■ **Source data**:

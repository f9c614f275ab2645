//! Texts ("string_data_item"). A unit has one encoding, so only the count of units is encoded again.
ghost use Rattle.std.specs.Prelude.{◌≡◌, ℕ, ◌+◌, ◌<◌, ◌^◌, List, IfOk, OnOk, IsOkUnless, length};
ghost use Rattle.dex_base.specs.Fault.{memory};
ghost use Rattle.dex_base.specs.Grammar.{Appends, Takes, Ended, Many};
ghost use Rattle.dex_base.specs.Mutf8.{PacksText, SpellsText, SpellsUnit};
ghost use Rattle.dex_container.specs.Layout.{size_of};
ghost use Rattle.dex_container.specs.Section as section;
ghost use Rattle.dex_container.specs.Where.{IsSectionOf};
ghost use Rattle.file_layout.specs.Sections.{wide_all};
ghost use Rattle.file_layout.specs.inner.Sections.{never, Laid};
ghost use Rattle.file_layout.specs.inner.Tiles.{AreShared};
ghost use Rattle.file_limits.specs.inner.Wide.{text_values, wide_text};
ghost use Rattle.program_types.specs.Content.{Program, Units};
ghost use Rattle.tables_names.specs.Needed.{needed};
ghost use Rattle.tables_rows.specs.RowFields.{string_place};
ghost use Rattle.tables_rows.specs.Stands.{StringStands};
ghost use Rattle.file_strip.specs.inner.Keeping.{Keeps};
ghost use Rattle.file_strip.specs.inner.Texts.{AreFirstTexts};

use dex_base::{Fault, put_uleb, read_uleb, u32_at};
use dex_container::{Section, Sections, bytes_from, kind, section_of};
use dex_insn::IndexKind;
use file_put::Placed;
use file_renumber::Numbers;
use memchr::memchr;
use std::alloc::Global;

/// The string_data_off of row i.
#[tactic(auto, unfolding(tables_rows::specs::RowFields::string_place))]
fn string_place(sections: &Sections<'_>, i: u32) -> u32
    requires { i < size_of sections.now section.string_ids }
    ensures { result ≡ string_place sections.now i }
{
    let place = u64::from(sections.table(kind::STRING_ID_ITEM).1) + 4 * u64::from(i);
    u32_at(sections.bytes(), place as usize)
}

/// What the section of the texts has from that of row i on.
pub(crate) fn text_at<'b>(sections: &Sections<'b>, texts: Section, i: u32) -> &'b [u8]
    requires texts { IsSectionOf sections.now 0x2002 texts }
    requires text { (t : Units) × StringStands sections.now i t }
    ensures { (t : Units) → StringStands sections.now i t → (rest : List ℕ) × Takes SpellsText result.now t rest }
{
    match bytes_from(
        sections,
        kind::STRING_DATA_ITEM,
        texts,
        string_place(sections, i),
    ) {
        Some(bytes) => bytes,
        None => unreachable!(),
    }
}

/// The units at the front of the bytes, and the zero that ends them: no unit has a zero byte.
pub(crate) fn units_of(bytes: &[u8]) -> &[u8]
    requires { (t : Units) × (rest : List ℕ) × Takes (Ended (Many SpellsUnit (length t))) bytes.now t rest }
    ensures { (t : Units) (rest : List ℕ) → Takes (Ended (Many SpellsUnit (length t))) bytes.now t rest → Ended (Many SpellsUnit (length t)) result.now t }
{
    match memchr(0, bytes) {
        Some(end) => &bytes[..end + 1],
        None => unreachable!(),
    }
}

/// Appends the text at the front of the bytes, with the shortest count.
fn put_text(out: &mut Vec<u8>, bytes: &[u8]) -> Result<(), Fault>
    requires { (t : Units) × (rest : List ℕ) × Takes SpellsText bytes.now t rest }
    ensures ok { OnOk result ((t : Units) (rest : List ℕ) → Takes SpellsText bytes.now t rest → Appends PacksText out.old.items out.new.items t) }
    ensures memory { IsOkUnless result memory }
{
    let Some((count, length)) = read_uleb(bytes) else {
        unreachable!()
    };
    let (_, units) = bytes.split_at(length);
    put_uleb(out, count)?;
    out.extend_from_slice(units_of(units))?;
    Ok(())
}

/// Appends the text of row i, if the row is kept, and the byte at which it begins to the places.
fn add_text(
    out: &mut Vec<u8>,
    places: &mut Vec<u32>,
    numbers: &Numbers,
    sections: &Sections<'_>,
    texts: Section,
    i: u32,
) -> Result<(), Fault>
    requires texts { IsSectionOf sections.now 0x2002 texts }
    requires kept { (p : Program) × Keeps sections.now numbers.now p }
    requires row { i < size_of sections.now section.string_ids }
    requires room { length out.old.items < 2 ^ 32 }
    ensures ok { OnOk result ((p : Program) (old : List ℕ) → Keeps sections.now numbers.now p → 0 < length old → AreFirstTexts numbers.now p old out.old.items i places.old.items
        → AreFirstTexts numbers.now p old out.new.items (i + 1) places.new.items) }
    ensures memory { IsOkUnless result memory }
{
    if !numbers.keeps(IndexKind::String, i) {
        return Ok(());
    }
    places.push(out.len() as u32)?;
    put_text(out, text_at(sections, texts, i))
}

/// Appends the texts of all kept strings, one after the other, and returns their offsets.
///
/// It fails only when out of memory.
///
/// ```
/// let texts = put_strings(alloc, &mut out, &numbers, &sections)?;
/// ```
pub(crate) fn put_strings(
    alloc: Global,
    out: &mut Vec<u8>,
    numbers: &Numbers,
    sections: &Sections<'_>,
) -> Result<Placed, Fault>
    requires front { 0 < length out.old.items }
    requires kept { (p : Program) × Keeps sections.now numbers.now p × (length out.old.items + wide_all wide_text (text_values (needed p)) < 2 ^ 32) }
    ensures ok { IfOk result (λ r. (p : Program) → Keeps sections.now numbers.now p
        → Laid never PacksText 1 wide_text out.old.items out.new.items (text_values (needed p)) r.places.items r.items) }
    ensures once { IfOk result (λ r. (p : Program) → Keeps sections.now numbers.now p → AreShared r.places.items (text_values (needed p))) }
    ensures memory { IsOkUnless result memory }
{
    let items = numbers.count(IndexKind::String);
    let mut places = Vec::with_capacity(alloc, items as usize)?;
    let texts = section_of(sections, kind::STRING_DATA_ITEM);
    for i in 0..sections.table(kind::STRING_ID_ITEM).0 {
        add_text(out, &mut places, numbers, sections, texts, i)?;
    }
    Ok(Placed { places, items })
}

■ **What is expected**: Take the entries above and write them out again unchanged.

■ **Response box**:
repository f9c614f275ab2645
//! Texts ("string_data_item"). A unit has one encoding, so only the count of units is encoded again.
ghost use Rattle.std.specs.Prelude.{◌≡◌, ℕ, ◌+◌, ◌<◌, ◌^◌, List, IfOk, OnOk, IsOkUnless, length};
ghost use Rattle.dex_base.specs.Fault.{memory};
ghost use Rattle.dex_base.specs.Grammar.{Appends, Takes, Ended, Many};
ghost use Rattle.dex_base.specs.Mutf8.{PacksText, SpellsText, SpellsUnit};
ghost use Rattle.dex_container.specs.Layout.{size_of};
ghost use Rattle.dex_container.specs.Section as section;
ghost use Rattle.dex_container.specs.Where.{IsSectionOf};
ghost use Rattle.file_layout.specs.Sections.{wide_all};
ghost use Rattle.file_layout.specs.inner.Sections.{never, Laid};
ghost use Rattle.file_layout.specs.inner.Tiles.{AreShared};
ghost use Rattle.file_limits.specs.inner.Wide.{text_values, wide_text};
ghost use Rattle.program_types.specs.Content.{Program, Units};
ghost use Rattle.tables_names.specs.Needed.{needed};
ghost use Rattle.tables_rows.specs.RowFields.{string_place};
ghost use Rattle.tables_rows.specs.Stands.{StringStands};
ghost use Rattle.file_strip.specs.inner.Keeping.{Keeps};
ghost use Rattle.file_strip.specs.inner.Texts.{AreFirstTexts};

use dex_base::{Fault, put_uleb, read_uleb, u32_at};
use dex_container::{Section, Sections, bytes_from, kind, section_of};
use dex_insn::IndexKind;
use file_put::Placed;
use file_renumber::Numbers;
use memchr::memchr;
use std::alloc::Global;

/// The string_data_off of row i.
#[tactic(auto, unfolding(tables_rows::specs::RowFields::string_place))]
fn string_place(sections: &Sections<'_>, i: u32) -> u32
    requires { i < size_of sections.now section.string_ids }
    ensures { result ≡ string_place sections.now i }
{
    let place = u64::from(sections.table(kind::STRING_ID_ITEM).1) + 4 * u64::from(i);
    u32_at(sections.bytes(), place as usize)
}

/// What the section of the texts has from that of row i on.
pub(crate) fn text_at<'b>(sections: &Sections<'b>, texts: Section, i: u32) -> &'b [u8]
    requires texts { IsSectionOf sections.now 0x2002 texts }
    requires text { (t : Units) × StringStands sections.now i t }
    ensures { (t : Units) → StringStands sections.now i t → (rest : List ℕ) × Takes SpellsText result.now t rest }
{
    match bytes_from(
        sections,
        kind::STRING_DATA_ITEM,
        texts,
        string_place(sections, i),
    ) {
        Some(bytes) => bytes,
        None => unreachable!(),
    }
}

/// The units at the front of the bytes, and the zero that ends them: no unit has a zero byte.
pub(crate) fn units_of(bytes: &[u8]) -> &[u8]
    requires { (t : Units) × (rest : List ℕ) × Takes (Ended (Many SpellsUnit (length t))) bytes.now t rest }
    ensures { (t : Units) (rest : List ℕ) → Takes (Ended (Many SpellsUnit (length t))) bytes.now t rest → Ended (Many SpellsUnit (length t)) result.now t }
{
    match memchr(0, bytes) {
        Some(end) => &bytes[..end + 1],
        None => unreachable!(),
    }
}

/// Appends the text at the front of the bytes, with the shortest count.
fn put_text(out: &mut Vec<u8>, bytes: &[u8]) -> Result<(), Fault>
    requires { (t : Units) × (rest : List ℕ) × Takes SpellsText bytes.now t rest }
    ensures ok { OnOk result ((t : Units) (rest : List ℕ) → Takes SpellsText bytes.now t rest → Appends PacksText out.old.items out.new.items t) }
    ensures memory { IsOkUnless result memory }
{
    let Some((count, length)) = read_uleb(bytes) else {
        unreachable!()
    };
    let (_, units) = bytes.split_at(length);
    put_uleb(out, count)?;
    out.extend_from_slice(units_of(units))?;
    Ok(())
}

/// Appends the text of row i, if the row is kept, and the byte at which it begins to the places.
fn add_text(
    out: &mut Vec<u8>,
    places: &mut Vec<u32>,
    numbers: &Numbers,
    sections: &Sections<'_>,
    texts: Section,
    i: u32,
) -> Result<(), Fault>
    requires texts { IsSectionOf sections.now 0x2002 texts }
    requires kept { (p : Program) × Keeps sections.now numbers.now p }
    requires row { i < size_of sections.now section.string_ids }
    requires room { length out.old.items < 2 ^ 32 }
    ensures ok { OnOk result ((p : Program) (old : List ℕ) → Keeps sections.now numbers.now p → 0 < length old → AreFirstTexts numbers.now p old out.old.items i places.old.items
        → AreFirstTexts numbers.now p old out.new.items (i + 1) places.new.items) }
    ensures memory { IsOkUnless result memory }
{
    if !numbers.keeps(IndexKind::String, i) {
        return Ok(());
    }
    places.push(out.len() as u32)?;
    put_text(out, text_at(sections, texts, i))
}

/// Appends the texts of all kept strings, one after the other, and returns their offsets.
///
/// It fails only when out of memory.
///
/// ```
/// let texts = put_strings(alloc, &mut out, &numbers, &sections)?;
/// ```
pub(crate) fn put_strings(
    alloc: Global,
    out: &mut Vec<u8>,
    numbers: &Numbers,
    sections: &Sections<'_>,
) -> Result<Placed, Fault>
    requires front { 0 < length out.old.items }
    requires kept { (p : Program) × Keeps sections.now numbers.now p × (length out.old.items + wide_all wide_text (text_values (needed p)) < 2 ^ 32) }
    ensures ok { IfOk result (λ r. (p : Program) → Keeps sections.now numbers.now p
        → Laid never PacksText 1 wide_text out.old.items out.new.items (text_values (needed p)) r.places.items r.items) }
    ensures once { IfOk result (λ r. (p : Program) → Keeps sections.now numbers.now p → AreShared r.places.items (text_values (needed p))) }
    ensures memory { IsOkUnless result memory }
{
    let items = numbers.count(IndexKind::String);
    let mut places = Vec::with_capacity(alloc, items as usize)?;
    let texts = section_of(sections, kind::STRING_DATA_ITEM);
    for i in 0..sections.table(kind::STRING_ID_ITEM).0 {
        add_text(out, &mut places, numbers, sections, texts, i)?;
    }
    Ok(Placed { places, items })
}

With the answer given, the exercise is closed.